** GIVEN INFORMATION follows **
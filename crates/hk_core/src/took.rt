//! What each place of each call leaves in its flight, and what the step answers.
ghost use Rattle.std.specs.Prelude.{◌≡◌, ◌+◌, ◌-◌, ◌^◌, ◌<◌, ◌≤◌};
ghost use Rattle.hk_words.specs.Shape.{size};
ghost use Rattle.hk_core.specs.Step as table;
ghost use Rattle.hk_core.specs.Step.{took_of, step_of, outcome_at, claims, full_to, full_to_all};
ghost use Rattle.hk_core.specs.Fits.{FindsNumber};

use crate::{Flight, Outcome, Step};
use hk_words::{Call, Geometry, Reply, Shape, header_place, w0_cycle, w0_words};

impl Flight {
    /// Goes on to the next place, where the event of this place found the word `old` (0 after a rest or a write), and
    /// answers what the step did. After the last place the flight is idle.
    #[tactic(auto, unfolding(crate::specs::Step::took_of, crate::specs::Step::took_at))]
    pub fn took(&mut self, g: &Geometry, old: u64) -> Step
        requires { FindsNumber self.old self.old.call old }
        ensures flight { self.new ≡ took_of g.now self.old old }
        ensures step { result ≡ step_of self.old }
    {
        let step = self.answer();
        match self.call {
            Call::Get { .. } => self.get_took(old),
            Call::Put { .. } => self.put_took(old),
            Call::Move { .. } => self.move_took(),
            Call::Clear { .. } => self.clear_took(),
            Call::Load { .. } => self.load_took(old),
            Call::Store { .. } => self.store_took(old),
            Call::New { shape, .. } => self.new_took(g, shape, old),
            Call::Same { .. } | Call::IsNull { .. } => {}
        }
        step
    }

    /// What the step at the flight's place answers: the last place of the call ends it.
    #[tactic(auto, unfolding(crate::specs::Step::step_of))]
    fn answer(&self) -> Step
        ensures { result ≡ step_of self.now }
    {
        if self.place == self.call.places() {
            Step::Ended(self.outcome())
        } else {
            Step::Going
        }
    }

    /// How the call ends.
    fn outcome(&self) -> Outcome
        ensures { result ≡ outcome_at self.now self.now.call }
    {
        match self.call {
            Call::Get { .. } => Outcome::Done(Reply::Num(self.item)),
            Call::New { .. } if self.full => Outcome::Full {
                words: u64::from(w0_words(self.word)),
            },
            _ => Outcome::Done(Reply::Unit),
        }
    }

    #[tactic(auto, unfolding(crate::specs::Step::get_took))]
    fn get_took(&mut self, old: u64)
        ensures { self.new ≡ table.get_took self.old old }
    {
        match self.place {
            1 => {
                self.at = header_place(old);
                self.place = 2;
            },
            2 => {
                self.item = old;
                self.place = 3;
            },
            3 => *self = Flight::idle(self.seat),
            _ => {}
        }
    }

    #[tactic(auto, unfolding(crate::specs::Step::put_took))]
    fn put_took(&mut self, old: u64)
        ensures { self.new ≡ table.put_took self.old old }
    {
        match self.place {
            1 => {
                self.at = header_place(old);
                self.place = 2;
            },
            2 => {
                self.place = 3;
            },
            3 => *self = Flight::idle(self.seat),
            _ => {}
        }
    }

    #[tactic(auto, unfolding(crate::specs::Step::move_took))]
    fn move_took(&mut self)
        ensures { self.new ≡ table.move_took self.old }
    {
        match self.place {
            1 => {
                self.place = 2;
            },
            2 => {
                self.place = 3;
            },
            3 => *self = Flight::idle(self.seat),
            _ => {}
        }
    }

    #[tactic(auto, unfolding(crate::specs::Step::clear_took))]
    fn clear_took(&mut self)
        ensures { self.new ≡ table.clear_took self.old }
    {
        match self.place {
            1 => *self = Flight::idle(self.seat),
            _ => {}
        }
    }

    #[tactic(auto, unfolding(crate::specs::Step::load_took))]
    fn load_took(&mut self, old: u64)
        ensures { self.new ≡ table.load_took self.old old }
    {
        match self.place {
            1 => {
                self.place = 2;
            },
            2 => {
                self.at = header_place(old);
                self.place = 3;
            },
            3 => {
                self.word = old;
                self.place = 4;
            },
            4 => {
                self.item = old;
                self.place = 5;
            },
            5 => {
                self.claimer = self.claims(old);
                self.place = 6;
            },
            6 => {
                self.offset = old;
                self.place = 7;
            },
            7 => {
                self.place = 8;
            },
            8 => {
                self.place = 9;
            },
            9 => {
                self.place = 10;
            },
            10 => *self = Flight::idle(self.seat),
            _ => {}
        }
    }

    #[tactic(auto, unfolding(crate::specs::Step::store_took))]
    fn store_took(&mut self, old: u64)
        ensures { self.new ≡ table.store_took self.old old }
    {
        match self.place {
            1 => {
                self.at = header_place(old);
                self.place = 2;
            },
            2 => {
                self.word = old;
                self.place = 3;
            },
            3 => {
                self.claimer = self.claims(old);
                self.place = 4;
            },
            4 => {
                self.offset = old;
                self.place = 5;
            },
            5 => {
                self.place = 6;
            },
            6 => {
                self.place = 7;
            },
            7 => *self = Flight::idle(self.seat),
            _ => {}
        }
    }

    #[tactic(auto, unfolding(crate::specs::Step::new_took))]
    fn new_took(&mut self, g: &Geometry, shape: Shape, old: u64)
        requires { self.old.place ≡ 4 → old < 2 ^ 32 }
        ensures { self.new ≡ table.new_took g.now self.old shape old }
    {
        match self.place {
            1 => {
                self.word = old;
                self.full = Flight::full_to(g, self.seat, shape, old);
                self.place = 2;
            },
            2 => {
                self.place = 3;
            },
            3 if self.full => {
                self.place = 4;
            },
            3 => {
                self.word = old;
                self.full = Flight::full_to_all(g, shape, old);
                self.raised = true;
                self.place = 4;
            },
            4 => {
                self.number = old as u32;
                self.place = 5;
            },
            5 => {
                self.place = 6;
            },
            6 => {
                self.place = 7;
            },
            7 => *self = Flight::idle(self.seat),
            _ => {}
        }
    }

    /// The call is the claimer: its claim found a mark below its cycle.
    fn claims(&self, old: u64) -> bool
        ensures { result ≡ claims self.now old }
    {
        self.item != 0 && old < u64::from(w0_cycle(self.word))
    }

    /// The words used leave too few for an object of the shape, to this seat: a low one leaves the reserve.
    pub(crate) fn full_to(g: &Geometry, seat: u8, shape: Shape, w0: u64) -> bool
        ensures { result ≡ full_to g.now seat shape w0 }
    {
        let limit = if seat < g.high() {
            g.alloc()
        } else {
            g.alloc() - g.reserve()
        };
        w0_words(w0) + shape.words() > limit
    }

    /// The words used leave too few for an object of the shape, to any seat.
    pub(crate) fn full_to_all(g: &Geometry, shape: Shape, w0: u64) -> bool
        ensures { result ≡ full_to_all g.now shape w0 }
    {
        w0_words(w0) + shape.words() > g.alloc()
    }
}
** End of GIVEN INFORMATION **
WHAT YOU WILL DO: Every line from the first entry to the line containing "self.new ≡ took_of" should be transcribed exactly, and nothing beyond it.

SOLVED EXERCISE:
filename crates/hk_core/src/took.rt
//! What each place of each call leaves in its flight, and what the step answers.
ghost use Rattle.std.specs.Prelude.{◌≡◌, ◌+◌, ◌-◌, ◌^◌, ◌<◌, ◌≤◌};
ghost use Rattle.hk_words.specs.Shape.{size};
ghost use Rattle.hk_core.specs.Step as table;
ghost use Rattle.hk_core.specs.Step.{took_of, step_of, outcome_at, claims, full_to, full_to_all};
ghost use Rattle.hk_core.specs.Fits.{FindsNumber};

use crate::{Flight, Outcome, Step};
use hk_words::{Call, Geometry, Reply, Shape, header_place, w0_cycle, w0_words};

impl Flight {
    /// Goes on to the next place, where the event of this place found the word `old` (0 after a rest or a write), and
    /// answers what the step did. After the last place the flight is idle.
    #[tactic(auto, unfolding(crate::specs::Step::took_of, crate::specs::Step::took_at))]
    pub fn took(&mut self, g: &Geometry, old: u64) -> Step
        requires { FindsNumber self.old self.old.call old }
        ensures flight { self.new ≡ took_of g.now self.old old }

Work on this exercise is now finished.